What's the priority to make this passing?
The ideal solution would be to make your DaskGeoDataFrame compatible with the expression logic. geo pandas did this a few weeks ago but I think it isn't merged yet.
I'll have a look at the geopandas PR and see if I can crib from them. In the long run we definitely want full compatibility but will make a call whether to release with a short term patch based on the effort required.
I think the only test failing now is related to SpatialPandas Dask, which likely needs to be updated in spatialpandas itself. Because of this, the environment variable is needed for now.
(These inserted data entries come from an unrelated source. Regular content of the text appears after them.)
//! Topics, patterns, filters and statuses beyond all measure.

use crate::samples::{event, service, text};
use event_admin::{Topic, TopicPattern};
use event_handlers::handlers_of;
use prop_map::{List, OutOfMemory, Str, Value};
use service_registry::ServiceRow;
use std::alloc::Global;

// A text that repeats a part so often, with an end.
fn repeated(alloc: Global, part: &str, times: u64, end: &str) -> Result<String, OutOfMemory> {
    let mut text = String::new(alloc);
    for _ in 0..times {
        text.push_str(part)?;
    }
    text.push_str(end)?;
    Ok(text)
}

fn covers_itself(text: &str) -> bool {
    match TopicPattern::parse(text) {
        Ok(pattern) => match Topic::parse(text) {
            Ok(topic) => pattern.covers(&topic),
            Err(_) => false,
        },
        Err(_) => false,
    }
}

fn mebibyte_covers_itself(alloc: Global) -> bool {
    match repeated(alloc, "aaa/", 262_144, "a") {
        Ok(text) => covers_itself(text.as_str()),
        Err(_) => false,
    }
}

#[test]
fn a_topic_of_a_mebibyte_is_read(rt: HostRuntime) {
    assert!(rt; mebibyte_covers_itself(rt.alloc()));
}

fn is_no_topic(text: &str, place: usize) -> bool {
    match Topic::parse(text) {
        Ok(_) => false,
        Err(bad) => bad.at == place,
    }
}

fn is_no_pattern(text: &str, place: usize) -> bool {
    match TopicPattern::parse(text) {
        Ok(_) => false,
        Err(bad) => bad.at == place,
    }
}

fn mebibyte_is_no_topic(alloc: Global) -> bool {
    match repeated(alloc, "aaa/", 262_144, "é") {
        Ok(text) => {
            is_no_topic(text.as_str(), 1_048_576) && is_no_pattern(text.as_str(), 1_048_576)
        }
        Err(_) => false,
    }
}

#[test]
fn a_text_of_a_mebibyte_is_no_topic_at_its_end(rt: HostRuntime) {
    assert!(rt; mebibyte_is_no_topic(rt.alloc()));
}

fn add(alloc: Global, patterns: &mut Vec<Str>, pattern: &str) -> Result<(), OutOfMemory> {
    let pattern = Str::spell(alloc, pattern)?;
    patterns.push(pattern)?;
    Ok(())
}

// A hundred thousand patterns that cover nothing but their own topic, and one more.
fn many_patterns(alloc: Global) -> Result<Value, OutOfMemory> {
    let mut patterns = Vec::new(alloc);
    for _ in 0..100_000 {
        add(alloc, &mut patterns, "a/c")?;
    }
    add(alloc, &mut patterns, "a/*")?;
    Ok(Value::Texts(List::of(patterns)))
}

// A handler with these topics.
fn with_topics(
    alloc: Global,
    topics: Result<Value, OutOfMemory>,
) -> Result<ServiceRow, OutOfMemory> {
    service(alloc, 1, 0, "event.topics", topics?)
}

// Whether an event of the topic, with 0 at `v`, has these handlers.
fn are_handlers(alloc: Global, rows: &[ServiceRow], topic: &Topic<'_>, expected: &[u64]) -> bool {
    match event(alloc, topic, 0) {
        Ok(event) => match handlers_of(alloc, rows, &event) {
            Ok(numbers) => numbers.as_slice() == expected,
            Err(_) => false,
        },
        Err(_) => false,
    }
}

fn are_handlers_of(alloc: Global, row: ServiceRow, topic: &str, expected: &[u64]) -> bool {
    match Topic::parse(topic) {
        Ok(topic) => are_handlers(alloc, &[row], &topic, expected),
        Err(_) => false,
    }
}

fn one_of_many_covers(alloc: Global) -> bool {
    match with_topics(alloc, many_patterns(alloc)) {
        Ok(row) => are_handlers_of(alloc, row, "a/b", &[1]),
        Err(_) => false,
    }
}

#[test]
fn one_of_a_hundred_thousand_patterns_is_found(rt: HostRuntime) {
    assert!(rt; one_of_many_covers(rt.alloc()));
}

// A comparison inside so many `&` of one filter each.
fn comparison_inside(alloc: Global, outer: u64) -> Result<String, OutOfMemory> {
    let mut filter = repeated(alloc, "(&", outer, "(v=0)")?;
    for _ in 0..outer {
        filter.push_str(")")?;
    }
    Ok(filter)
}

// A handler whose filter is that.
fn filtered_inside(alloc: Global, outer: u64) -> Result<ServiceRow, OutOfMemory> {
    let filter = comparison_inside(alloc, outer)?;
    let mut row = with_topics(alloc, text(alloc, "*"))?;
    row.properties
        .set(alloc, "event.filter", Value::Text(Str::of(filter)))?;
    Ok(row)
}

fn handles_inside(alloc: Global, outer: u64, expected: &[u64]) -> bool {
    match filtered_inside(alloc, outer) {
        Ok(row) => are_handlers_of(alloc, row, "a", expected),
        Err(_) => false,
    }
}

#[test]
fn a_filter_of_65_levels_keeps_its_handler_out(rt: HostRuntime) {
    assert!(rt; handles_inside(rt.alloc(), 63, &[1]) && handles_inside(rt.alloc(), 64, &[]));
}
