//! Topics, patterns of topics, and events.

use crate::samples::event;
use event_admin::{BadTopic, Event, Topic, TopicPattern};
use prop_map::Value;
use std::alloc::Global;

fn is_no_topic(text: &str, place: usize) -> bool {
    match Topic::parse(text) {
        Ok(_) => false,
        Err(bad) => bad.at == place,
    }
}

fn are_no_topics(rows: &[(&str, usize)]) -> bool {
    for (text, place) in rows {
        if !is_no_topic(text, *place) {
            return false;
        }
    }
    true
}

const NO_TOPICS: &[(&str, usize)] = &[
    ("a//b", 2),
    ("", 0),
    ("/a", 0),
    ("a/", 2),
    ("a b", 1),
    ("a/é", 2),
];

#[test]
fn a_fault_tells_where_a_text_ceases_to_be_a_topic(rt: HostRuntime) {
    assert!(rt; are_no_topics(NO_TOPICS));
}

fn is_no_pattern(text: &str, place: usize) -> bool {
    match TopicPattern::parse(text) {
        Ok(_) => false,
        Err(bad) => bad.at == place,
    }
}

fn are_no_patterns(rows: &[(&str, usize)]) -> bool {
    for (text, place) in rows {
        if !is_no_pattern(text, *place) {
            return false;
        }
    }
    true
}

const NO_PATTERNS: &[(&str, usize)] = &[
    ("a/*/b", 3),
    ("*a", 1),
    ("a*", 1),
    ("", 0),
    ("/*", 0),
    ("é", 0),
];

#[test]
fn a_fault_tells_where_a_text_ceases_to_be_a_pattern(rt: HostRuntime) {
    assert!(rt; are_no_patterns(NO_PATTERNS));
}

// Whether the one is a pattern, the other a topic, and it is so that the one covers the other.
fn covers(pattern: &str, topic: &str, covered: bool) -> bool {
    match TopicPattern::parse(pattern) {
        Ok(pattern) => match Topic::parse(topic) {
            Ok(topic) => pattern.covers(&topic) == covered,
            Err(_) => false,
        },
        Err(_) => false,
    }
}

fn cover(rows: &[(&str, &str, bool)]) -> bool {
    for (pattern, topic, covered) in rows {
        if !covers(pattern, topic, *covered) {
            return false;
        }
    }
    true
}

// A pattern, a topic, and whether the one covers the other.
const COVERED: &[(&str, &str, bool)] = &[
    ("*", "a", true),
    ("a/b", "a/b", true),
    ("a/b", "a/c", false),
    ("a", "a/b", false),
    ("a/*", "a/b", true),
    ("a/*", "a/b/c", true),
    ("a/*", "a", false),
    ("a/*", "ab", false),
];

#[test]
fn patterns_cover_topics(rt: HostRuntime) {
    assert!(rt; cover(COVERED));
}

fn is_printed(alloc: Global, fault: &BadTopic, wanted: &str) -> bool {
    match format!(in alloc; "{fault}") {
        Ok(text) => text.as_str() == wanted,
        Err(_) => false,
    }
}

#[test]
fn a_fault_is_printed_with_its_place(rt: HostRuntime) {
    assert!(rt; is_printed(rt.alloc(), &BadTopic { at: 2 }, "no topic from byte 2 on"));
}

fn has_three(event: &Event, topic: &str) -> bool {
    let is_three = match event.properties().get("v") {
        Some(Value::Whole(v)) => *v == 3,
        _ => false,
    };
    is_three && event.topic().as_str() == topic
}

fn event_has_three(alloc: Global, text: &str) -> bool {
    match Topic::parse(text) {
        Ok(topic) => match event(alloc, &topic, 3) {
            Ok(event) => has_three(&event, text),
            Err(_) => false,
        },
        Err(_) => false,
    }
}

#[test]
fn an_event_has_its_topic_and_properties(rt: HostRuntime) {
    assert!(rt; event_has_three(rt.alloc(), "a/b"));
}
The last failing test outside of that was related to attribute assignment being ignored with dask-expr, whereas it would work with classic dask.dataframe; see an MRE below. It seems to be related to https://github.com/dask/dask-expr/issues/785, and can open an issue upstream if needed.
import dask
import importlib
import pandas as pd
import dask.dataframe as dd
for b in [True, False]:
print("\ndataframe.query-planning =", b)
dask.config.set({"dataframe.query-planning": b})
dd = importlib.reload(dd)
df = pd.DataFrame(data=dict(cat1=["a", "b", "c", "a", "b"], cat2=["a", "b", "c", "a", "b"]))
ddf = dd.from_pandas(df, npartitions=2)
ddf["cat1"] = ddf["cat1"].astype("category")
ddf.cat2 = ddf.cat2.astype("category")
print(ddf.dtypes)
this was fixed on Friday fortunately
Wow, thanks everybody! It takes a village!